Esto último se conecta con otra de las hipótesis que explica Ana Teresa Torres en el sentido de que, aunque la Unión Soviética impuso un sistema de dominación, sometimiento y muchas veces de desaparición física del adversario, a pesar de todo ello, sostiene, se construyeron grandes obras y monumentos, justamente lo contrario a lo ocurrido en Venezuela bajo la dominación chavista. Además, hubo un interés de los soviéticos en preservar la memoria, así sea la del adversario a través de una rehabilitación. O el renacimiento de ciudades en países del bloque soviético arrasadas por los nazis o los mismos rusos, como réplicas o espejos de las originales. En todas esas naciones se ha construido mientras que, por contraste, el legado de la llamada revolución bolivariana es nulo, no existe, no hay grandes obras, solo ruinas.
Desde el punto de vista de la construcción narrativa se podría decir que algunos de los temas que caracterizan la vasta obra de Ana Teresa Torres también se ven reflejados cuando, insistentemente, admite (recurso gozoso) que no recuerda tal o cual cosa. Ello no sustrae, en lo absoluto, la alta factura literaria de este libro, más bien le agrega, porque no se trata de una guía de viaje sino de un libro que es más complejo de lo que aparenta con sus distintas capas: descripción de sitios y lugares, percepción de las maneras de ser de la gente, comparación con la realidad venezolana, innumerables citas de películas, porque aquí, antes del viaje, están sembradas en la memoria las películas vistas y es natural hacerse una representación imaginada a través del cine. También hay citas de escritores de los países que visitan y con los que sienten una especial forma de afinidad.
Las fotos y meticulosas anotaciones de los sitios y lugares hechas por Pantin (poeta con sangre de cronista), admite Torres, fueron los materiales básicos con los que se pudo construir el andamiaje narrativo. Susan Sontag sostiene que “Las fotografías brindan modos paródicos de posesión: del pasado, del presente, aun del futuro… Las fotografías son una manera de atrapar una realidad que se considera recalcitrante e inaccesible”. La poeta no tiene reparos hasta de retratar a la gente, algo que a Torres la ruborizaría.
Yolanda Pantin ha comentado que con el tiempo pudo darse cuenta de que en esas fotografías estaba puesta lo que sería su poética: “Estaba abierta a que ocurriera cualquier cosa, y lo que ocurrió fue la cristalización de la distancia.

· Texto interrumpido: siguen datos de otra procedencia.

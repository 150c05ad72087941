//! The elements that are set.
ghost use Rattle.std.specs.Prelude.{◌≡◌, OnOk};
ghost use Rattle.kernel_ast.specs.Machine.{put, no_elements};
ghost use Rattle.kernel_walk.specs.SetElements.{elements};

use comp_graph::NoMemory;
use kernel_ast::Cell;
use std::alloc::Global;
use std::collections::BTreeMap;

/// The elements that are set, with what each holds. Contracts see it through `elements`, as a function from an element to what it holds.
#[derive(Drop)]
pub struct Written<T> {
    by_place: BTreeMap<(u16, u16), T>,
}

impl<T: Copy> Written<T> {
    /// No element is set.
    pub fn new(alloc: Global) -> Self
        ensures { elements result ≡ no_elements }
    {
        Self {
            by_place: BTreeMap::new(alloc),
        }
    }

    /// What an element holds, or `None` where it is not set.
    pub fn get(&self, cell: Cell) -> Option<T>
        ensures { result ≡ elements self.now cell }
    {
        self.by_place.get(&(cell.decl, cell.offset)).copied()
    }

    /// Sets an element.
    ///
    /// # Errors
    ///
    /// [`NoMemory`] where memory was wanted and not found.
    pub fn put(&mut self, cell: Cell, value: T) -> Result<(), NoMemory>
        ensures { OnOk result (elements self.new ≡ put (elements self.old) cell value) }
    {
        self.by_place.insert((cell.decl, cell.offset), value)?;
        Ok(())
    }
}
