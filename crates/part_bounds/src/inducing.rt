//! The game on a part.
ghost use Rattle.std.specs.Prelude.{◌≡◌, ℕ, ◌<◌, ◌≤◌, length, map, IfOk};
ghost use Rattle.std.specs.List.{All};
ghost use Rattle.comp_graph.specs.Vertices.{AllBelow};
ghost use Rattle.comp_graph.specs.Graphs.{IsGraph, IsOperandBelow};
ghost use Rattle.part_bounds.specs.Cuts.{place};
ghost use Rattle.part_bounds.specs.Parts.{part};
ghost use Rattle.part_bounds.specs.Induced.{cut_operand, cut_node, kept, cut_outputs, induced, induced_game};

use crate::parts::part_sets;
use comp_graph::{Game, Graph, Label, NoMemory, Node, Operand, Output, VertexSet};
use std::alloc::Global;

/// The game on part k, of so many parts, from 1 to 16: its graph has the vertices of the part, renumbered in rising order, with the operands
/// outside the part written as the constant 0, and the input labels and outputs that lie in the part, in their order. The title, the slots
/// and the weights are those of the game, and it is never too small. `NoMemory` may come at any allocation.
pub fn induced(alloc: Global, game: &Game, parts: u8, k: u8) -> Result<Game, NoMemory>
    requires part { k < parts }
    requires most { parts ≤ 16 }
    ensures { IfOk result (λ on_part. on_part ≡ induced_game game.now (part game.now.graph parts k)) }
{
    let sets = part_sets(alloc, game, parts)?;
    cut_game(alloc, game, &sets[k as usize])
}

/// The game on some of the vertices, made so. It has the slots and the weights of the game, and is never too small. `NoMemory` may come at
/// any allocation.
pub fn cut_game(alloc: Global, game: &Game, part: &VertexSet) -> Result<Game, NoMemory>
    requires { AllBelow (length game.now.graph.nodes) part.now }
    ensures { IfOk result (λ on_part. on_part ≡ induced_game game.now part.now) }
{
    let slots = game.slots();
    let weights = game.weights();
    let graph = cut_graph(alloc, game.graph(), part)?;
    match Game::new(graph, slots, weights) {
        Ok(on_part) => Ok(on_part),
        Err(_) => unreachable!(),
    }
}

// The graph of the vertices of a part.
fn cut_graph(alloc: Global, graph: &Graph, part: &VertexSet) -> Result<Graph, NoMemory>
    requires valid { IsGraph graph.now }
    requires below { AllBelow (length graph.now.nodes) part.now }
    ensures { IfOk result (λ cut. cut ≡ induced graph.now part.now) }
{
    let title = graph.title().copy(alloc)?;
    let nodes = cut_nodes(alloc, graph, part)?;
    let names = cut_names(alloc, graph, part)?;
    let outputs = cut_outputs(alloc, graph, part)?;
    Ok(Graph::new(title, nodes, names, outputs))
}

// The nodes of the part.
fn cut_nodes(alloc: Global, graph: &Graph, part: &VertexSet) -> Result<Vec<Node>, NoMemory>
    ensures { IfOk result (λ nodes. nodes.items ≡ map (cut_node part.now) (kept part.now 0 graph.now.nodes)) }
{
    let nodes = graph.nodes();
    let mut on_part = Vec::new(alloc);
    for v in 0..graph.len() {
        if part.has(v) {
            on_part.push(cut_node(part, &nodes[v as usize]))?;
        }
    }
    Ok(on_part)
}

// A node with its operands cut.
fn cut_node(part: &VertexSet, node: &Node) -> Node
    requires three { length node.now.args ≡ 3 }
    requires below { All (IsOperandBelow 256) node.now.args }
    ensures { result ≡ cut_node part.now node.now }
{
    let [a, b, c] = node.args;
    Node {
        op: node.op,
        args: [
            cut_operand(part, a),
            cut_operand(part, b),
            cut_operand(part, c),
        ],
    }
}

// An operand in the part, or the constant 0 for one outside.
fn cut_operand(part: &VertexSet, operand: Operand) -> Operand
    requires { IsOperandBelow 256 operand }
    ensures { result ≡ cut_operand part.now operand }
{
    match operand {
        Operand::Vertex(v) => {
            if part.has(v) {
                return Operand::Vertex(place(part, v));
            }
            Operand::Const(0)
        }
        Operand::Const(value) => Operand::Const(value),
    }
}

// How many vertices of the part lie below v.
fn place(part: &VertexSet, v: u16) -> u16
    requires { v ≤ 256 }
    ensures { result ≡ place part.now v }
{
    let mut count = 0;
    for u in 0..v {
        if part.has(u) {
            count += 1;
        }
    }
    count
}

// The names of the inputs of the part.
fn cut_names(alloc: Global, graph: &Graph, part: &VertexSet) -> Result<Vec<Label>, NoMemory>
    ensures { IfOk result (λ names. names.items ≡ kept part.now 0 graph.now.names) }
{
    let names = graph.names();
    let mut on_part = Vec::new(alloc);
    for v in 0..graph.inputs() {
        if part.has(v) {
            on_part.push(names[v as usize].copy(alloc)?)?;
        }
    }
    Ok(on_part)
}

// The output elements of the part.
fn cut_outputs(alloc: Global, graph: &Graph, part: &VertexSet) -> Result<Vec<Output>, NoMemory>
    requires { IsGraph graph.now }
    ensures { IfOk result (λ outputs. outputs.items ≡ cut_outputs part.now graph.now.outputs) }
{
    let mut on_part = Vec::new(alloc);
    for output in graph.outputs() {
        if part.has(output.vertex) {
            on_part.push(Output {
                label: output.label.copy(alloc)?,
                vertex: place(part, output.vertex),
            })?;
        }
    }
    Ok(on_part)
}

No descubrí la fotografía sino la mirada que ya tenía”. Y esa distancia se percibe en las fotografías que muestran rasgos sutiles pero que reconocen el extrañamiento, con sencillez y sin alardes, crea intriga y sugiere la contemplación.
Es así como esta obra, a cuatro manos y a cuatro ojos, en la que Ana Teresa Torres despliega sus reconocidas virtudes de narradora y ensayista, aportan una novedad merecida, que a la vez resulta una lectura amena y adictiva, en el desierto de la escasez de publicaciones de nuevos títulos en esta Venezuela poscomunista que se saltó el paso real por el comunismo. Como relata Kundera:
“Las calles y los edificios ya no podían recuperar sus nombres originales. Y así, de pronto, un balneario checo se convirtió en una pequeña Rusia imaginaria y Teresa se encontró con que el pasado que había venido a buscar le había sido confiscado”.
*Viaje al poscomunismo. Relato de Ana Teresa Torres; fotografía y documentación de Yolanda Pantin. Editorial Eclepsidra, Caracas, 2020.